Resim sevgilerine inandığımız bazı meraklıların sık sık şöyle tenkidlerine rastlıyoruz:
- Bu resim değil, tezyinat, süs, resim başka!. Süs başka!.
Bunu söylerken tezyinat kelimesi dudaklarından o kadar zedelenerek çıkmasa üzerinde durmağa değmez.
- Eh! deriz. Bu zat şiirle hikayeyi, tiyatro ile romanı birbirine karıştıranlara içerlediği gibi resimle tezyinatı ayırd edemeyen sanatkarlara kızıyor. Fakat bir parça kurcaladınız mı altı çapanoğlu çıkıyor. Bir de bakıyorsunuz:
- Bu resim değil tezyinat!... diyen kişi meğer:
- Bu resim değil! kepazelik! demek istermiş.

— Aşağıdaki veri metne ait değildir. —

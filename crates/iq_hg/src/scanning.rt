//! The rows on a side of a test.
ghost use Rattle.std.specs.Prelude.{◌≡◌, length, IfOk, IfErr};
ghost use Rattle.iq_pages.specs.PageCalls.{view};
ghost use Rattle.iq_pieces.specs.Counts.{OnlyReads};
ghost use Rattle.iq_hg.specs.Bounds.{is_on_side};
ghost use Rattle.iq_hg.specs.Stands.{GivesRows, HasHgCause};

use crate::hg::Hg;
use crate::wanted::Wanted;
use iq_ast::Test;
use iq_bitmap::Bitmap;
use iq_pages::{PageFault, PageSource};
use iq_truth::Side;
use std::alloc::Global;

impl Hg {
    /// The rows on a side of a test of the index's column: those of which it is true, or those of which it is false. A row with NULL is on
    /// neither. It reads each leaf once, and takes a bit a row.
    pub fn scan<S: PageSource>(
        &self,
        alloc: Global,
        source: &mut S,
        test: &Test,
        side: Side,
    ) -> Result<Bitmap, PageFault>
        ensures long { IfOk result (λ bits. length bits ≡ self.now.slots) }
        ensures rows { IfOk result (GivesRows self.now (S.told source.old) (is_on_side side test.now)) }
        ensures reads { OnlyReads (S.counts source.old self.now.leaves) (view S.PageSource source.old) (view S.PageSource source.new) }
        ensures cause { IfErr result (HasHgCause self.now (view S.PageSource source.old) (view S.PageSource source.new)) }
    {
        let wanted = Wanted::OnSide(test, side);
        let count = source.pages(self.leaves);
        if count == 0 {
            return Ok(Bitmap::empty(alloc, self.slots)?);
        }
        self.walk(alloc, source, 0, &wanted)
    }
}
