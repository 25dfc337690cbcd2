//! Pages of the directory.
//!
//! | bytes of a page | meaning |
//! |---|---|
//! | 0 to 3 | how many leaves it names |
//! | 4 on | for each leaf the cell and the row of its first entry, and its page |
//! | then | zero |
ghost use Rattle.std.specs.Prelude.{◌≡◌, ◌≢◌, ◌≤◌, ◌+◌, List, length, take, drop, IfOk, IfSome, IfNone};
ghost use Rattle.iq_base.specs.Cells.{width};
ghost use Rattle.iq_hg.specs.declared.places.Place.{Place};
ghost use Rattle.iq_hg.specs.Places.{IsPlace, BeginsAsPlaces, place_bytes};

use crate::places::Place;
use iq_base::{Kind, NoMemory, Page, width};
use iq_hg_leaves::{number_at, read_entry};
use std::alloc::Global;

/// Reads a place, where the bytes are one.
pub(crate) fn read_place(kind: Kind, page: &Page, at: usize) -> Option<Place>
    requires { at + (width kind + 8) ≤ 1008 }
    ensures place { IfSome result (λ place. IsPlace kind place) }
    ensures bytes { IfSome result (λ place. take (width kind + 8) (drop at page.now) ≡ place_bytes kind place) }
    ensures bad { IfNone result ((place : Place) → IsPlace kind place → take (width kind + 8) (drop at page.now) ≢ place_bytes kind place) }
{
    let cell = width(kind);
    let page_number = number_at(page, at + (cell + 4));
    match read_entry(kind, page, at) {
        Some(first) => Some(Place {
            first,
            page: page_number,
        }),
        None => None,
    }
}

/// Reads the places of a page of the directory, or answers nothing where it doesn't begin as one. The bytes behind the places may be any.
pub(crate) fn read_places(
    alloc: Global,
    kind: Kind,
    page: &Page,
) -> Result<Option<Vec<Place>>, NoMemory>
    ensures places { IfOk result (λ read. IfSome read (λ places. BeginsAsPlaces kind page.now places.items)) }
    ensures bad { IfOk result (λ read. IfNone read ((places : List Place) → ¬ (BeginsAsPlaces kind page.now places))) }
{
    let count = number_at(page, 0) as usize;
    let wide = width(kind) + 8;
    if count > 1004 / wide {
        return Ok(None);
    }
    let mut places = Vec::with_capacity(alloc, count)?;
    for i in 0..count {
        match read_place(kind, page, 4 + i * wide) {
            Some(place) => places.push(place)?,
            None => return Ok(None),
        }
    }
    Ok(Some(places))
}
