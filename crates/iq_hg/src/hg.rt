//! A High Group index.
use iq_base::Kind;

/// The two objects of a High Group index, its leaves and its directory, what its column may hold, and the rows of its table, removed
/// ones too.
#[derive(Clone, Copy, Debug, PartialEq, Eq)]
pub struct Hg {
    pub leaves: u32,
    pub directory: u32,
    pub kind: Kind,
    pub slots: u32,
}
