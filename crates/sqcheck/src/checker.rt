//! The check of a whole database (own).
ghost use Rattle.std.specs.Prelude.{◌≡◌, ◌≢◌, ◌<◌, ◌≤◌, ◌∷◌, ◌++◌, [], ℕ, List, Bool, true, false, length};
ghost use Rattle.std.specs.Prelude.{IfOk, IfErr, MatchResult, OnOk, replicate, ◌↔◌, ◌-◌, ◌^◌};
ghost use Rattle.sqpage.specs.PointerMaps.{lock_byte_page};
ghost use Rattle.sqpage.specs.Source.{KeepsPages, UnlessUnread};
ghost use Rattle.sqpage.specs.Freelist.{IsPage, IsWithin, usable_size, first_trunk};
ghost use Rattle.sqpage.specs.Lists.{Every};
ghost use Rattle.sqpage.specs.internal.Taking.{is_marked};
ghost use Rattle.sqpage.specs.declared.fault.Fault.{Fault};
ghost use Rattle.sqcheck.specs.Places.{Spot, first_root_spot, names_table};
ghost use Rattle.sqcheck.specs.Roles.{Visit, Told, AreRoles};
ghost use Rattle.sqcheck.specs.internal.Schema.{IsRootAt, RootsMatch};
ghost use Rattle.sqcheck.specs.internal.Snapshots.{IsSourceOf, Keeps};
ghost use Rattle.sqcheck.specs.Stands.{Stands, StandsWith, IsAsideWith};
ghost use Rattle.sqcheck.specs.internal.Agenda.{AreCounted, MarksAside};
ghost use Rattle.sqcheck.specs.WellFormed.{WellFormed, WellFormedWith, HasSoundHeader, IsReport};
ghost use Rattle.sqcheck.specs.internal.Walking.{IsItemOf, TopLeads};
ghost use Rattle.sqcheck.specs.internal.Checking.{IsNew, HasLists, IsReportOf, MarksOne, MarksMaps};
ghost use Rattle.sqcheck.specs.internal.Checking.{StandsAt, Visited, Walks};

use crate::header::judge_header;
use crate::item::{Item, Task, push};
use crate::maps::Maps;
use crate::node::{Room, Walk};
use crate::options::Options;
use crate::pages::read_page;
use crate::report::Report;
use crate::role::{Silent, Visitor};
use crate::schema::{Root, roots_in};
use crate::snapshot::Snapshot;
use crate::tree::Tree;
use crate::unused::judge_unused;
use crate::uses::{Counts, Uses};
use crate::walker::{Reader, Walker};
use sqpage::{CheckError, DbHeader, Fault, PageSource, Parts, is_pointer_map, lock_byte_page};
use sqval::PageSize;
use std::alloc::{AllocError, Global};
use std::marker::{Brand, PhantomData};
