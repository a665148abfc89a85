//! Laws of answers.
ghost use Rattle.cosim_answers.specs.Pipelines.{FlatRunsAreNested, GeneratedRunsHaveFigures, NodesPrintAPrefix, PrintsRunAlike, RunsAreVerified, TablesArePrinted, UpgradesRunAlike};
ghost use Rattle.cosim_answers.specs.Laws.{AnswersAgree, EndsAreServed, EveryCallIsAnswered, NoCallIsAnsweredTwice, NotesAgree, RefusalsAreOfRules, RunsAgree, SavedPositionsAreRead, SavedRunsGoOn};

/// A law: for each list of words and each input there is an answer. All answers write the same bytes and have the same status. There is
/// only one, except where workers are reported.
pub fn one_answer()
    ensures some { EveryCallIsAnswered }
    ensures agree { AnswersAgree }
    ensures only { NoCallIsAnsweredTwice }
{}

/// A law: a run writes the same and has the same status with any number of workers, over any window, by any guesses, and with a
/// report or without one. Its notes are the same too, except for the line of the report.
pub fn workers_change_nothing()
    ensures agree { RunsAgree }
    ensures notes { NotesAgree }
{}

/// A law: the status of an answer says where it comes from. An answer with `Refused` is a refusal of the text by the command of the
/// words. An answer with a status by which a command ends its work is for a text that this command serves.
pub fn statuses_have_causes()
    ensures refused { RefusalsAreOfRules }
    ensures served { EndsAreServed }
{}

/// A law: what `run` prints of a text is its header, the rows before a position that `save` saves, and then exactly what `resume`
/// prints of the saved text. The status is the same, and so are the notes except for the line of a report. `resume` refuses nothing
/// that `save` printed. The rows are those of the system as it is written, with or without event ports.
pub fn saved_runs_go_on()
    ensures { SavedRunsGoOn }
{}

/// A law: a saved position fits a system in range that is well-formed and has no cycle exactly where it fits its plain form, which is
/// what is run.
pub fn saved_positions_are_read()
    ensures { SavedPositionsAreRead }
{}

/// A law of pipelines, of what one command prints for the output of another one:
///
/// - `run` prints the same of a text, of what `print` prints of it and of what `upgrade` prints of it.
/// - `verify` prints `yes` for what `run` prints.
/// - `run` prints the trace of the nest for what `flatten` prints, and the rows of the table for what `stimulus` prints.
/// - `run` prints the rows for what `gen` prints; `bench` prints the figures of these rows.
/// - What `nodes` prints is a prefix of what `run` prints.
pub fn pipelines_agree()
    ensures print { PrintsRunAlike }
    ensures upgrade { UpgradesRunAlike }
    ensures verify { RunsAreVerified }
    ensures flatten { FlatRunsAreNested }
    ensures stimulus { TablesArePrinted }
    ensures generated { GeneratedRunsHaveFigures }
    ensures nodes { NodesPrintAPrefix }
{}
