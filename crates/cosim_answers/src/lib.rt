//! The answers of the program to words and input: definitions and laws, without code.
//!
//! Definitions: `specs/Answer.antt` defines the answers for words and input. It uses
//!
//! - `specs/Accepted.antt`: answers for texts that keep all rules
//! - `event_csv`: the text of a trace
//! - `specs/Figures.antt`: figures of a trace
//! - `specs/SavedAnswers.antt`: saving and resuming
//! - `specs/TableAnswers.antt`, `specs/FlatAnswers.antt`, `specs/NodesAnswers.antt`: the commands on tables, on groups and of two nodes
//! - `specs/Notes.antt`: notes
//! - `specs/Usage.antt`: words without a form
//! - `command_line`: which words are which command
//! - `cosim_call`: the five clauses, an answer, the notes of faults, the exit codes
//!
//! [`one_answer`] is the law that every call has exactly one answer. [`statuses_have_causes`] states what a status says of it.
//! [`workers_change_nothing`] says that a run is the same with workers and without, and [`saved_runs_go_on`] that a saved and resumed
//! run is the same too. [`saved_positions_are_read`] says that a saved position fits a system as it is written exactly where it fits its
//! plain form. [`pipelines_agree`] is the law of the answers of a command to what another one printed (`specs/Pipelines.antt`).
//! `specs/Serving.antt` defines what the parts of commands do; no promise depends on it.
#![tactic(auto)]

mod laws;

pub use laws::{
    one_answer, pipelines_agree, saved_positions_are_read, saved_runs_go_on, statuses_have_causes,
    workers_change_nothing,
};
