//! What was asked, and why it was refused, in words.

ghost use Rattle.std.specs.Prelude.{◌≡◌, ◌++◌, IfOk, codes, option_copied, string_bytes};
ghost use Rattle.rv_shape.specs.Printed.{target_text};
ghost use Rattle.rv_shape.specs.Readers.{target_of};
ghost use Rattle.rv_refused.specs.Refusals.{asked_text, cause_text, line_words};

use rv_access::Line;
use rv_event::entry::{Request, Rule};
use rv_event::text::text_of_request;
use rv_shape::actor::Callee;
use rv_shape::catalogue::Catalogue;
use std::alloc::{AllocError, Global};

/// The words of a line of a list, or that there is none. Err where memory was refused.
pub fn line_words(alloc: Global, line: Option<&Line>) -> Result<String, AllocError>
    ensures { IfOk result (λ words. string_bytes words ≡ line_words (option_copied line.entry)) }
{
    match line {
        Some(line) => line.text(alloc),
        None => String::from_str(alloc, "no line"),
    }
}

/// A rule in words; of the grant also the words of the line that decides. Err where memory was refused.
pub fn cause_text(alloc: Global, rule: Rule, line: &str) -> Result<String, AllocError>
    ensures { IfOk result (λ text. string_bytes text ≡ cause_text rule line.now) }
{
    let words = match rule {
        Rule::Grant => return format!(in alloc; "not granted: {line}"),
        Rule::Blocking => "might block inside a protected action",
        Rule::Reentry => "holds the object already",
        Rule::Ceiling => "above the ceiling",
        Rule::Queue => "the queue is full",
        Rule::Waiter => "another task waits there",
    };
    String::from_str(alloc, words)
}

// What is called, behind a word for how.
fn called_text(alloc: Global, how: &str, callee: &Callee<'_>) -> Result<String, AllocError>
    ensures { IfOk result (λ text. string_bytes text ≡ how.now ++ target_text (target_of callee.now)) }
{
    format!(in alloc; "{how}{callee}")
}

/// What was asked, where this is what was called. Err where memory was refused.
pub fn asked_text(
    alloc: Global,
    catalogue: &Catalogue,
    request: &Request,
    callee: &Callee<'_>,
) -> Result<String, AllocError>
    ensures { IfOk result (λ text. string_bytes text ≡ asked_text catalogue.now request.now (target_of callee.now)) }
{
    match *request {
        Request::Call(_, _, _) => called_text(alloc, "call ", callee),
        Request::Fire => called_text(alloc, "fire ", callee),
        Request::Resume => called_text(alloc, "resume ", callee),
        _ => text_of_request(alloc, catalogue, request),
    }
}
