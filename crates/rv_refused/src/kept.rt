//! What is kept of each actor, so that a resume that is refused tells of its call: the last call that it had queued, and the words of
//! the line by which it was last dropped.

ghost use Rattle.std.specs.HashMap.{get};
ghost use Rattle.std.specs.Prelude.{◌≡◌, ◌==◌, ◌∷◌, ℕ, List, [], OnOk, if◌then◌else◌, nat_eq, option_copied};
ghost use Rattle.rv_access.specs.Lines.{line_at};
ghost use Rattle.rv_access.specs.Words.{Words};
ghost use Rattle.rv_event.specs.Lent.{whole};
ghost use Rattle.rv_event.specs.Past.{last_queued, next_of};
ghost use Rattle.rv_event.specs.declared.entry.Entry.{Entry};
ghost use Rattle.rv_history.specs.History.{last_list};
ghost use Rattle.rv_history.specs.Journal.{lists_before};
ghost use Rattle.rv_refused.specs.Kept.{Keeps, KeepsDrops, dropping_number, words_in};
ghost use Rattle.rv_refused.specs.Refusals.{dropping_words, line_words};

use crate::reasons::line_words;
use rv_access::Line;
use rv_event::entry::{Body, EntryRef, Next};
use rv_event::one_entry::next_of;
use rv_lasting::calls::Calls;
use std::alloc::{AllocError, Global};
use std::collections::HashMap;

/// The last queued call of each actor, and the words of the line by which it was last dropped.
pub struct Kept {
    alloc: Global,
    calls: Calls,
    drops: HashMap<usize, String>,
}

impl Drop for Kept {
    // A function of its own: a derived one is written out wherever one is let go, and proved there.
    fn drop(self) {
        let Kept {
            alloc: _,
            calls: _,
            drops: _,
        } = self;
    }
}

impl Kept {
    /// Before the first entry.
    pub fn new(alloc: Global) -> Kept
        ensures { Keeps result [] [] }
    {
        Kept {
            alloc,
            calls: Calls::new(alloc),
            drops: HashMap::new(alloc),
        }
    }

    /// The last call of an actor that was queued.
    pub fn call(&self, actor: usize) -> Option<Body>
        ensures { (past : List Entry) (lists : List (List Words)) → Keeps self.now past lists → result ≡ last_queued actor past }
    {
        self.calls.of(actor)
    }

    /// The words of the line by which an actor was last dropped; empty where it never was.
    pub fn dropped_by(&self, actor: usize) -> &str
        ensures { (past : List Entry) (lists : List (List Words)) → Keeps self.now past lists → result.now ≡ dropping_words actor past lists }
    {
        match self.drops.get(&actor) {
            Some(words) => words.as_str(),
            None => "",
        }
    }

    // Notes the words of the line by which a caller is dropped.
    fn drop_by(&mut self, actor: usize, line: Option<&Line>) -> Result<(), AllocError>
        ensures drops { OnOk result ((past : List Entry) (lists : List (List Words)) → KeepsDrops self.old past lists
            → (other : ℕ) → words_in (get nat_eq self.new.drops other)
            ≡ (if actor == other then line_words (option_copied line.entry) else dropping_words other past lists)) }
        ensures calls { self.new.calls ≡ self.old.calls }
    {
        let words = line_words(self.alloc, line)?;
        self.drops.insert(actor, words)?;
        Ok(())
    }

    /// Notes what becomes of a queue, where this is the line of a list that drops its first caller, if one does.
    pub fn note(&mut self, entry: &EntryRef<'_>, line: Option<&Line>) -> Result<(), AllocError>
        ensures { OnOk result ((past : List Entry) (lists : List (List Words)) → Keeps self.old past lists
            → option_copied line.entry ≡ line_at (last_list lists) (dropping_number (next_of (whole entry.now)))
            → lists_before (whole entry.now) lists ≡ lists → Keeps self.new (whole entry.now ∷ past) lists) }
    {
        self.calls.note(entry)?;
        match next_of(entry) {
            Next::Dropped(actor, _) => self.drop_by(actor, line),
            _ => Ok(()),
        }
    }
}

Tezyinat sanatını bu kadar küçümseyenler arasına yaşını başını almış, kocaman kitaplar yazmış profesörler de karışınca tezyinat sanatının arada çiğnenip gitmesini önlemek hepimize vacib oluyor.
Bugünün resmini çok büyük bir kalabalığa sevdirmiş olan Düfi:
- Bir ressam için tezyinat sanatından daha iyi bir disiplin olamaz, der.
Düfi hayatının mühim bir parçasını tezyini işleri incelemeğe başladığı için sözü ayrı bir değer kazanır.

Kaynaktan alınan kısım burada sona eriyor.